**Task**.
Tell how many lines in the records contain the word "Rattle"; the number alone is the answer.

►

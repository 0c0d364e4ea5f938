//! Sets of possible time differences.

ghost use Rattle.std.specs.Prelude.{◌≡◌, ℕ, ◌+◌, ◌-◌, ◌*◌, ◌/◌, ◌<◌, ◌≤◌, ◌≢◌, ◌↔◌, length, true, false, IfOk};
ghost use Rattle.pesp_problem.specs.declared.limits.TheConstants.{MOST_PERIOD};
ghost use Rattle.pesp_network.specs.Networks.{net_of_network};
ghost use Rattle.pesp_domains.specs.Domains.{SetRows, width_of, family_of, HaveSizes, Revised, AreKept};
ghost use Rattle.pesp_domains.specs.Full.{IsFull};
ghost use Rattle.pesp_domains.specs.Filling.{AreFull};

use crate::counts::Counts;
use crate::revise::{self, Changed};
use crate::step;
use pesp_network::Network;
use pesp_problem::{Arc, Memory};
use std::alloc::Global;
use std::marker::Model;

/// For each event the set of its possible time differences to the first event of its component, as one row of 64-bit
/// words, and beside it how many there are.
#[derive(Drop)]
pub struct Domains {
    period: u32,
    events: u32,
    words: Vec<u64>,
    counts: Counts,
    beside: Vec<u64>,
    twice: Vec<u64>,
}

impl Model for Domains {
    ghost use Rattle.std.specs.Prelude.{length};
    ghost use Rattle.pesp_domains.specs.Domains.{SetRows, AreKept, HasScratchRoom};

    ghost Value = { SetRows };

    ghost view = { λ d. record { period = d.period; events = d.events; words = d.words.items } };

    ghost invariant = { λ d. AreKept (record {
      period = d.period;
      events = d.events;
      words = d.words.items;
    })
        × HasScratchRoom d.period (length d.beside.items) (length d.twice.items) };
}

/// How many words a set has.
fn width_of(period: u32) -> usize
    requires { period ≤ MOST_PERIOD }
    ensures { result ≡ width_of period }
{
    (period as usize).div_ceil(64)
}

/// The sets of so many events: 0 alone for a component's first event, every difference for the others.
fn fill_sets(words: &mut [u64], network: &Network)
    requires { length words.old ≡ network.now.events * width_of network.now.period }
    ensures { AreFull (net_of_network network.now) network.now.events words.new }
{
    let period = network.period();
    let width = width_of(period);
    for event in 0..network.events() {
        let first = network.first_of(event);
        let count = if first == event { 1 } else { period as usize };
        let base = event as usize * width;
        step::fill(&mut words[base..base + width], count);
    }
}

/// How many differences each event has before anything is known.
fn full_counts(alloc: Global, network: &Network) -> Result<Counts, Memory> {
    let mut counts = Vec::new(alloc);
    for event in 0..network.events() {
        let is_first = network.first_of(event) == event;
        counts.push(if is_first { 1 } else { network.period() })?;
    }
    Counts::of(alloc, counts)
}

/// How many numbers a set has.
fn count_of(set: &[u64]) -> u32 {
    let mut count = 0u32;
    for word in set.iter() {
        count = count.saturating_add(word.count_ones());
    }
    count
}

impl Domains {
    /// The sets before anything is known, with these counts.
    fn full_sets(alloc: Global, network: &Network, counts: Counts) -> Result<Domains, Memory>
        ensures sizes { IfOk result (HaveSizes network.now.period network.now.events) }
        ensures full { IfOk result
            (λ d. IsFull (net_of_network network.now) network.now.events (family_of d)) }
    {
        let period = network.period();
        let events = network.events();
        let width = width_of(period);
        let mut words = vec![in alloc; 0u64; events as usize * width]?;
        let beside = vec![in alloc; 0u64; width]?;
        let twice = vec![in alloc; 0u64; 2 * width]?;
        fill_sets(&mut words, network);
        Ok(Domains {
            period,
            events,
            words,
            counts,
            beside,
            twice,
        })
    }

    /// The domains before anything is known: a component's first event has the difference 0 alone, and every other event
    /// has every difference below the period.
    pub fn full(alloc: Global, network: &Network) -> Result<Domains, Memory>
        ensures sizes { IfOk result (HaveSizes network.now.period network.now.events) }
        ensures full { IfOk result
            (λ d. IsFull (net_of_network network.now) network.now.events (family_of d)) }
    {
        let counts = full_counts(alloc, network)?;
        Domains::full_sets(alloc, network, counts)
    }

    /// Whether a time difference of an event to the first event of its component is still possible; false for an event or
    /// a difference that doesn't exist.
    pub fn has(&self, event: u32, difference: u32) -> bool
        ensures has { result ≡ family_of self.now event difference }
        ensures event { self.now.events ≤ event → result ≡ false }
        ensures difference { self.now.period ≤ difference → result ≡ false }
    {
        if event >= self.events || difference >= self.period {
            return false;
        }
        let word = self.words[event as usize * width_of(self.period) + difference as usize / 64];
        (word >> (difference % 64)) & 1 == 1
    }

    /// How many events there are.
    pub fn events(&self) -> u32
        ensures { result ≡ self.now.events }
    {
        self.events
    }

    /// The period.
    pub fn period(&self) -> u32
        ensures period { result ≡ self.now.period }
        ensures kept { AreKept self.now }
    {
        self.period
    }

    /// Whether an event has no possible difference left.
    pub(crate) fn has_none(&self, event: u32) -> bool
        requires { event < self.now.events }
        ensures none { result ≡ true → (difference : ℕ)
            → family_of self.now event difference ≡ false }
        ensures some { result ≡ false
            → (difference : ℕ) × (family_of self.now event difference ≡ true) }
    {
        let width = width_of(self.period);
        let base = event as usize * width;
        revise::has_none(&self.words[base..base + width])
    }

    /// Counts the differences of an event anew.
    fn recount(&mut self, event: u32)
        requires { event < self.old.events }
        ensures { self.new ≡ self.old }
    {
        let width = width_of(self.period);
        let base = event as usize * width;
        let count = count_of(&self.words[base..base + width]);
        self.counts.set(event, count);
    }

    /// Counts the differences at the ends of an arc anew, where they changed.
    fn recount_ends(&mut self, arc: &Arc, changed: Changed)
        requires tail { arc.now.tail < self.old.events }
        requires head { arc.now.head < self.old.events }
        ensures { self.new ≡ self.old }
    {
        if changed.tail {
            self.recount(arc.tail);
        }
        if changed.head {
            self.recount(arc.head);
        }
    }

    /// Takes from the sets at both ends of an arc each difference with no partner.
    pub(crate) fn revise(&mut self, arc: &Arc, range: (u32, u32)) -> Changed
        requires tail { arc.now.tail < self.old.events }
        requires head { arc.now.head < self.old.events }
        ensures { Revised arc.now range self.old self.new result.tail result.head }
    {
        let changed = self.narrow_ends(arc, range);
        self.recount_ends(arc, changed);
        changed
    }

    /// Takes from the sets at both ends of an arc each difference with no partner, and counts none anew.
    fn narrow_ends(&mut self, arc: &Arc, range: (u32, u32)) -> Changed
        requires tail { arc.now.tail < self.old.events }
        requires head { arc.now.head < self.old.events }
        ensures { Revised arc.now range self.old self.new result.tail result.head }
    {
        let period = self.period as usize;
        revise::revise(
            &mut self.words,
            &mut self.beside,
            &mut self.twice,
            period,
            arc,
            range,
        )
    }

    /// How many differences of an event are still possible.
    pub fn count(&self, event: u32) -> u32 {
        self.counts.number(event)
    }

    /// Whether a difference of a block of events was counted anew since this was asked of it.
    pub fn was_recounted(&mut self, block: usize) -> bool
        ensures { self.new ≡ self.old }
    {
        self.counts.take_change(block)
    }

    /// The least difference of an event that is still possible, 0 where there is none.
    pub fn least(&self, event: u32) -> u32
        requires { event < self.now.events }
    {
        let width = width_of(self.period);
        let base = event as usize * width;
        let mut passed = 0u32;
        for word in self.words[base..base + width].iter() {
            if *word != 0 {
                return passed.saturating_add(word.trailing_zeros());
            }
            passed = passed.saturating_add(64);
        }
        0
    }

    /// Takes all differences of an event away but this one.
    pub fn keep_alone(&mut self, event: u32, difference: u32)
        requires { event < self.old.events }
        ensures { HaveSizes self.old.period self.old.events self.new }
    {
        let width = width_of(self.period);
        let place = difference as usize / 64;
        revise::keep_bits(
            &mut self.words,
            width,
            event as usize,
            place,
            1 << (difference % 64),
            0,
        );
        self.recount(event);
    }

    /// Takes a difference of an event away.
    pub fn remove(&mut self, event: u32, difference: u32)
        requires { event < self.old.events }
        ensures { HaveSizes self.old.period self.old.events self.new }
    {
        let width = width_of(self.period);
        let place = difference as usize / 64;
        let bit: u64 = 1 << (difference % 64);
        revise::keep_bits(
            &mut self.words,
            width,
            event as usize,
            place,
            !bit,
            u64::MAX,
        );
        self.recount(event);
    }

    /// The same sets once more.
    pub fn copy(&self, alloc: Global) -> Result<Domains, Memory>
        ensures { IfOk result (λ d. d ≡ self.now) }
    {
        let words = Vec::from_slice(alloc, &self.words)?;
        let counts = self.counts.copy(alloc)?;
        let beside = Vec::from_slice(alloc, &self.beside)?;
        let twice = Vec::from_slice(alloc, &self.twice)?;
        Ok(Domains {
            period: self.period,
            events: self.events,
            words,
            counts,
            beside,
            twice,
        })
    }

    /// Takes on the sets of other domains.
    pub fn copy_from(&mut self, other: &Domains)
        requires { HaveSizes other.now.period other.now.events self.old }
        ensures { self.new ≡ other.now }
    {
        self.words.copy_from_slice(&other.words);
        self.counts.copy_from(&other.counts);
    }
}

◄

**Expected answer**.
8